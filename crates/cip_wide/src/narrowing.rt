//! A wide script, played, and the script that it is.

ghost use Rattle.std.specs.Prelude.{◌≤◌, IfOk, string_len};
ghost use Rattle.std.specs.Str.{IsAscii};

use crate::blocks::{Turn, after_end, check_blocks, count_of, is_end};
use crate::expecting::expect;
use crate::fault::{
    LineError, LineFault, WideFault, WordFault, unknown_word, wrong_count, wrong_word,
};
use crate::lines::{Line, first_not_ascii, lines_of};
use crate::links::{frames_at, side_of};
use crate::plain::{NewOp, Plain, plain_line};
use cip_base::{Bytes, NoMemory};
use cip_chassis::Topology;
use cip_ends::{Ends, PlayFault, play_step};
use cip_outcomes::{
    Loss, Ops, Outage, Outages, is_refused, listed, losses_since, module_names, module_text,
    nearest, refusal_of,
};
use cip_routing::Module;
use cip_script::{Mode, ScriptFault, Step, StepsFault, explain, read_steps, usage_of};
use cip_transcript::names_of;
use cip_world::{FrameName, Shown, World};
use std::alloc::{AllocError, Global};

// How many lines are played at most.
const MOST_LINES: usize = 1_000_000;

// How many bytes a script has at most.
const MOST_BYTES: usize = 1_048_576;

// What is kept beside the world.
#[derive(Drop)]
struct Kept {
    // the names of the modules
    names: Vec<Bytes>,
    ops: Ops,
    // the script so far
    script: String,
    // where the ops ended, as far as that was read
    ends: Ends,
    // the links that are down
    outages: Outages,
    // the line of the last command, where it was refused and no line expected that
    refused: Option<usize>,
}

// What is wrong with a line that stands in no script, or stops there.
fn script_fault(
    alloc: Global,
    world: &World,
    line: &str,
    fault: ScriptFault,
) -> Result<LineFault, NoMemory> {
    let explained = explain(alloc, line.as_bytes(), 1, fault)?;
    match fault {
        ScriptFault::NoModule => {
            let names = module_names(alloc, world.topology())?;
            let name = line.split(' ').nth(1).unwrap_or("");
            let near = nearest(alloc, name, names.as_slice())?;
            let names = listed(alloc, names.as_slice())?;
            Ok(LineFault::NoModule(explained, names, near))
        }
        ScriptFault::NoFrame => Ok(LineFault::NoFrame(explained, world.waiting()?)),
        _ => Ok(LineFault::Script(explained)),
    }
}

┄┄┄┄┄┄

» Exercise goal: Return every line of the listing above that contains "NoModule".

» Result:
        ScriptFault::NoModule => {
            Ok(LineFault::NoModule(explained, names, near))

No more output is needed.